Quando si sceglie un computer per l’uso lavorativo, Szymon presta attenzione all’affidabilità e all’efficienza: i programmi di elaborazione delle foto in cui si lavora con file di grandi dimensioni necessitano di potenti processori e schede grafiche. Szymon spesso copia le immagini non sulla scheda della fotocamera, ma direttamente sul computer.

Anche l’affidabilità è importante. – Lavoro in condizioni molto diverse, non sempre alla mia scrivania. I miei laptop spesso si posano sul pavimento o sulle pareti. Un altro problema è una batteria a lunga durata, il più delle volte non ho le condizioni per collegare il computer – ammette Szymon.

Presentazione

Le prestazioni sono garantite dall’ultimo processore Intel® Core™ di 11a generazione, fino a 16 GB di RAM e una scheda grafica Intel Iris Xe8 integrata

Colori luminosi

Un’immagine nitida a qualsiasi livello di luminosità

Leggero

Il laptop sottile (15,9 mm) e leggero (solo 1,4 kg) è perfetto per lavorare comodamente in movimento

Durata della batteria

Fino a 16 ore

Schermo OLED

Touch screen con cerniera per posizionamento piatto

Protezione per gli occhi

Le emissioni degli schermi portatili ASUS OLED sono di circa il 70%. luce blu meno dannosa

Tutte queste caratteristiche hanno l’ASUS Zenbook 14X OLED testato da Simon. In termini di durata, il computer è stato testato per soddisfare i severi standard di affidabilità e durata dell’esercito statunitense MIL-STD-810H. La batteria, invece, consente fino a 16 ore di lavoro.

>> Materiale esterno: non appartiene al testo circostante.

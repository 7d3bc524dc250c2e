// Flight line seven (docs/RULES.md, "Flight line seven"): one proved table of facts about the definitions. Nothing here runs.

#![tactic(auto)]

Il fotografo è stato anche affascinato dal touch screen, che funziona bene per elaborare le foto. Inoltre, la cerniera ErgoLift non solo solleva automaticamente la tastiera quando si apre lo sportello, rendendo la digitazione più ergonomica, ma consente anche di appoggiare lo schermo del laptop in piano.

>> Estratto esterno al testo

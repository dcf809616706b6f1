//! Explaining how a call request is decided.

ghost use Rattle.std.specs.Prelude.{◌<◌, IfOk};
ghost use Rattle.xp_subs.specs.Tables.{line_count};

use crate::failure::CommandFailure;
use crate::output::print_text;
use crate::router_callers::{BroughtCall, Taken};
use std::alloc::{AllocError, AllocGlobal, Global};
use thiserror::Error;
use xp_arguments::QuestionOrder;
use xp_explain::{
    Explanation, NamesFault, OctetsFault, StatedLines, explain, lines_named, no_address,
    no_line_named, octets_in,
};
use xp_packets::{Block, Digits, Octets};
use xp_subs::{LineNo, Subs};
use xp_tasks::TaskFailure;

/// The most octets of a facility field (X.25 clause 5.2.2.1.4).
const MOST_FACILITIES: usize = 109;

/// The most octets of user data, which a call request with fast select may have (X.25 clause 5.2.2.1.5).
const MOST_USER_DATA: usize = 128;

/// Why a call request cannot be asked about.
#[derive(Clone, Copy, Debug, Drop, PartialEq, Error)]
pub enum QuestionFault {
    /// No line has this name.
    #[error("a line that is named is not in the file")]
    Line,
    /// A router is none, or the calling address of its call.
    #[error("CALLER is the name of a line, or ADDRESS@ROUTER")]
    Router,
    /// The called address is no address.
    #[error("DIALLED is 1 to 15 digits")]
    Dialled,
    /// The facility field is none.
    #[error("--facilities wants hexadecimal digits, of 109 octets at most")]
    Facilities,
    /// The user data are none.
    #[error("--user wants hexadecimal digits, of 128 octets at most")]
    UserData,
}

/// What an operator states of the lines.
#[derive(Drop)]
struct Stated {
    /// Those in service, where they are stated: else all are.
    up: Option<Vec<LineNo>>,
    /// Those with a call.
    busy: Vec<LineNo>,
}

impl Stated {
    /// States that this line is in service too.
    fn bring_up(&mut self, line: LineNo) -> Result<(), AllocError> {
        match &mut self.up {
            Some(up) => up.push(line).map_err(AllocError::from),
            None => Ok(()),
        }
    }
}

/// Prints how a call request over these subscriptions is decided. Where it is one that a router brings, it first tells which line
/// takes it.
pub fn explain_call<R: AllocGlobal + Print>(
    rt: &R,
    subs: &Subs,
    question: &QuestionOrder<'_>,
) -> Result<(), CommandFailure> {
    let alloc = rt.alloc();
    match question.caller.split_once('@') {
        Some((calling, router)) => {
            let call = BroughtCall::read(alloc, calling, router)?;
            let block = block_of(alloc, subs, question)?;
            explain_brought(rt, subs, question, &call, &block)
        }
        None => {
            let from = line_in(alloc, subs, question.caller)?;
            let block = block_of(alloc, subs, question)?;
            let stated = stated_in(alloc, subs, question)?;
            explain_block(rt, subs, &stated, from, &block, question.status)
        }
    }
}

/// Prints which line takes the call that a router brings, and how its call request with this block is decided. Its connection brings
/// the line into service.
fn explain_brought<R: AllocGlobal + Print>(
    rt: &R,
    subs: &Subs,
    question: &QuestionOrder<'_>,
    call: &BroughtCall,
    block: &Block,
) -> Result<(), CommandFailure> {
    let alloc = rt.alloc();
    let mut stated = stated_in(alloc, subs, question)?;
    let taken = call.taken(alloc, subs, &stated.busy)?;
    print_text(rt, &call.told(alloc, subs, &taken)?)?;
    match taken {
        Taken::By(line, _) => {
            stated.bring_up(line)?;
            explain_block(rt, subs, &stated, line, block, question.status)
        }
        _ if question.status => Err(CommandFailure::CallRefused),
        _ => Ok(()),
    }
}

/// What is stated of the lines.
fn stated_in(
    alloc: Global,
    subs: &Subs,
    question: &QuestionOrder<'_>,
) -> Result<Stated, CommandFailure> {
    let busy = lines_in(alloc, subs, question.busy)?;
    let up = lines_in(alloc, subs, question.up)?;
    let up = question.up.is_some().then_some(up);
    Ok(Stated { up, busy })
}

/// The line of this name.
fn line_in(alloc: Global, subs: &Subs, name: &str) -> Result<LineNo, CommandFailure>
    ensures { IfOk result (λ line. line < line_count subs.now) }
{
    match subs.line_named(name) {
        Some(line) => Ok(line),
        None => Err(unknown_line(alloc, subs, name)?),
    }
}

/// The failure of a name that no line has.
fn unknown_line(alloc: Global, subs: &Subs, name: &str) -> Result<CommandFailure, AllocError> {
    let told = no_line_named(alloc, subs, name)?;
    Ok(CommandFailure::Question(QuestionFault::Line, told))
}

/// The block of the call request.
fn block_of(
    alloc: Global,
    subs: &Subs,
    question: &QuestionOrder<'_>,
) -> Result<Block, CommandFailure> {
    let called = address_in(alloc, subs, question.dialled)?;
    let facilities = field_in(
        alloc,
        question.facilities,
        MOST_FACILITIES,
        QuestionFault::Facilities,
    )?;
    let user = field_in(
        alloc,
        question.user,
        MOST_USER_DATA,
        QuestionFault::UserData,
    )?;
    Ok(Block {
        called,
        calling: Digits::new(),
        facilities,
        user,
    })
}

/// The address that a text is: 1 to 15 digits.
fn address_in(alloc: Global, subs: &Subs, text: &str) -> Result<Digits, CommandFailure> {
    match Digits::from_text(text) {
        Some(address) if !address.is_empty() => Ok(address),
        _ => {
            let told = no_address(alloc, subs, text)?;
            Err(CommandFailure::Question(QuestionFault::Dialled, told))
        }
    }
}

/// The octets of a text in hexadecimal digits; none where it is absent. This fault is told where it is none, or of more octets.
fn field_in(
    alloc: Global,
    text: Option<&str>,
    most: usize,
    fault: QuestionFault,
) -> Result<Octets, CommandFailure> {
    let Some(text) = text else {
        return Ok(Octets::new(alloc));
    };
    match octets_in(alloc, text, most) {
        Ok(octets) => Ok(octets),
        Err(OctetsFault::Memory) => Err(CommandFailure::Task(TaskFailure::Memory)),
        Err(told) => Err(CommandFailure::Question(fault, told.to_string(alloc)?)),
    }
}

/// Prints how the call request with this block, which the line `from` makes, is decided. Where `tells_status`, a refusal fails.
fn explain_block<R: AllocGlobal + Print>(
    rt: &R,
    subs: &Subs,
    stated: &Stated,
    from: LineNo,
    block: &Block,
    tells_status: bool,
) -> Result<(), CommandFailure>
    requires { from < line_count subs.now }
{
    let states = StatedLines {
        up: stated.up.as_deref(),
        busy: &stated.busy,
    };
    let explanation = explain(rt.alloc(), subs, &states, from, block)?;
    print_explanation(rt, &explanation, tells_status)
}

/// The lines of these names, with commas between them; none where they are absent.
fn lines_in(
    alloc: Global,
    subs: &Subs,
    names: Option<&str>,
) -> Result<Vec<LineNo>, CommandFailure> {
    let Some(names) = names else {
        return Ok(Vec::new(alloc));
    };
    match lines_named(alloc, subs, names) {
        Ok(lines) => Ok(lines),
        Err(NamesFault::Unknown(name)) => Err(unknown_line(alloc, subs, name)?),
        Err(NamesFault::Memory) => Err(CommandFailure::Task(TaskFailure::Memory)),
    }
}

/// Prints an explanation. Where `tells_status`, a refusal fails.
fn print_explanation<R: AllocGlobal + Print>(
    rt: &R,
    explanation: &Explanation<'_>,
    tells_status: bool,
) -> Result<(), CommandFailure> {
    print_text(rt, &explanation.text)?;
    if tells_status && explanation.is_refused() {
        Err(CommandFailure::CallRefused)
    } else {
        Ok(())
    }
}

– L’importante è che alcune funzioni possano essere eseguite direttamente sullo schermo, non con l’ausilio di mouse o touchpad, il che è molto comodo – assicura. In ogni caso, sui laptop ASUSA, il touchpad può essere utilizzato non solo come tastierino numerico, ma anche come schermo aggiuntivo.

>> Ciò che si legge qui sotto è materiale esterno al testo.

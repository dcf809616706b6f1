//! Reading the subscription file, and where a refused one has its fault.

ghost use Rattle.std.specs.Prelude.{IfOk, Ok, string_bytes};
ghost use Rattle.std.specs.IoError.{error_kind};
ghost use Rattle.std.specs.Result.{result_map_both};
ghost use Rattle.xp_tasks.specs.SetUp.{SetsUp};

use crate::failure::CommandFailure;
use crate::output::with_reason;
use std::alloc::{AllocError, AllocGlobal, Global};
use std::fs::{File, Files};
use std::io::ErrorKind;
use std::{fs, io};
use xp_arguments::{FileSource, refused as refused_word};
use xp_places::place_of;
use xp_subs::Subs;
use xp_tasks::{TaskFailure, subscriptions};

/// The text of the subscription file that a word names, which may be standard input.
pub fn file_text<R: AllocGlobal + Files<File = File> + Input>(
    rt: &R,
    word: &str,
) -> io::Result<String> {
    match FileSource::of(word) {
        FileSource::StandardInput => io::read_to_string(rt.alloc(), rt.reader()),
        FileSource::Named(name) => fs::read_to_string(rt, name),
    }
}

/// The name of the subscription file that a word names, where standard input is taken for this.
///
/// # Errors
///
/// `Arguments` where the word names standard input, and want of memory.
pub fn named_file<'a>(
    alloc: Global,
    word: &'a str,
    input: &str,
) -> Result<&'a str, CommandFailure> {
    match FileSource::of(word) {
        FileSource::Named(name) => Ok(name),
        FileSource::StandardInput => {
            let reason = format!(in alloc; "the name of a FILE is wanted, found -: {input}")?;
            Err(CommandFailure::from(refused_word(alloc, &reason)?))
        }
    }
}

/// The subscriptions that a file sets up, of which a word of the command line names this text.
///
/// # Errors
///
/// Those of [`subscriptions`], as `Explained` where it is found why the file was not read, or where its text has the fault.
pub fn subscriptions_of<R: AllocGlobal + Files<File = File>>(
    rt: &R,
    word: &str,
    text: &io::Result<String>,
) -> Result<Subs, CommandFailure>
    ensures { IfOk result (λ subs. SetsUp (result_map_both string_bytes error_kind text.now) (Ok subs)) }
{
    match subscriptions(rt.alloc(), text) {
        Ok(subs) => Ok(subs),
        Err(failure) => Err(explained(rt, word, text, failure)),
    }
}

/// This failure, with why the file was not read, or the place of the fault in its text.
fn explained<R: AllocGlobal + Files<File = File>>(
    rt: &R,
    word: &str,
    text: &io::Result<String>,
    failure: TaskFailure,
) -> CommandFailure {
    match (text, failure) {
        (Ok(text), TaskFailure::Subscriptions(fault)) => {
            with_reason(failure, place_of(rt.alloc(), text, fault))
        }
        (Err(error), TaskFailure::File) => with_reason(failure, unread(rt, word, error)),
        _ => CommandFailure::Task(failure),
    }
}

/// Why the file that a word names was not read, such as `/etc/xp/a.toml: No such file or directory (os error 2)`.
fn unread<R: AllocGlobal + Files<File = File>>(
    rt: &R,
    word: &str,
    error: &io::Error,
) -> Result<String, AllocError> {
    let alloc = rt.alloc();
    let name = match FileSource::of(word) {
        FileSource::StandardInput if error.kind() == ErrorKind::InvalidData => {
            return String::from_str(alloc, "standard input: not UTF-8");
        }
        FileSource::StandardInput => {
            return format!(in alloc; "standard input: {error}");
        }
        FileSource::Named(name) => name,
    };
    match faulty_line(rt, name, error) {
        Some(line) => format!(in alloc; "{name}: not UTF-8 in line {line}"),
        None => format!(in alloc; "{name}: {error}"),
    }
}

/// The first line of a file that is not UTF-8, where the file was not read for this.
fn faulty_line<R: AllocGlobal + Files<File = File>>(
    rt: &R,
    name: &str,
    error: &io::Error,
) -> Option<usize> {
    if error.kind() != ErrorKind::InvalidData {
        return None;
    }
    let octets = fs::read(rt, name).ok()?;
    let fault = str::from_utf8(&octets).err()?;
    let valid = octets.iter().take(fault.valid_up_to());
    let above = valid.filter(|octet| **octet == b'\n').count();
    Some(above.saturating_add(1))
}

– Parlando dello schermo, è la base del lavoro del Fotografo. Deve riprodurre fedelmente i colori. Anche il contrasto è molto importante, spiega Szymon.

Nello Zenbook, grazie alla tecnologia OLED – che è la migliore soluzione in termini di qualità dell’immagine, dove ogni pixel emette luce da solo – i colori, anche il nero, sono molto chiari e profondi.

Il che è naturale, anche nel lavoro di Ola, nonostante si parli costantemente di trend delle parole, le nuove tecnologie giocano un ruolo molto importante.

– Per fare bene il mio lavoro, ho bisogno di strumenti. Inoltre, ogni volta che posso, cerco di semplificarmi la vita. E anche se mi piacerebbe nascondermi da qualche parte nella foresta, senza contatto con il mondo, sono un realista e so che è impossibile funzionare oggi senza nuove soluzioni – ammette Ola.

Di recente, il proprietario di Slow Living Poland ha anche testato il laptop OLED Zenbook 14X.

– Il dispositivo è molto leggero e sottile (il modello da 14 pollici pesa solo 1,4 kg e lo Zenbook 13 OLED circa 300 g in meno – ndr). Occupa più o meno spazio in uno zaino rispetto a un notebook A4. Posso portarlo con me ovunque, anche in viaggio, e questo è importante perché nel mio lavoro ho sempre a che fare con le persone. È importante sottolineare che lo Zenbook emette anche molta meno luce blu rispetto agli schermi LCD (70 per cento, come confermato dal certificato TÜV Rheinland – ndr), e l’immagine è leggibile in tutte le condizioni, anche alla luce diretta del sole – sottolinea Ola.

Annoiarsi? Non esiste una parola del genere

Dopo otto anni di intenso lavoro, Szymon non rimpiange il suo percorso professionale.

– Mi vedo in molti altri posti perché – sai – tutti una volta sognavano di diventare un pilota di rally o un pilota. Tuttavia, dove sono oggi mi dà molte soddisfazioni. Ogni giorno faccio qualcosa di diverso, incontro nuove persone e vado in posti a cui normalmente avrei un accesso limitato. Non puoi lamentarti della noia in questo lavoro – assicura.

Anche Ola non sa cosa significhi fermarsi. E questo nonostante il fatto che tutto sia fatto lentamente.

– E rimane così. Ho finalmente raggiunto il punto della mia vita lavorativa in cui so molto bene cosa mi rende felice e lo faccio nella mia pace – ammette.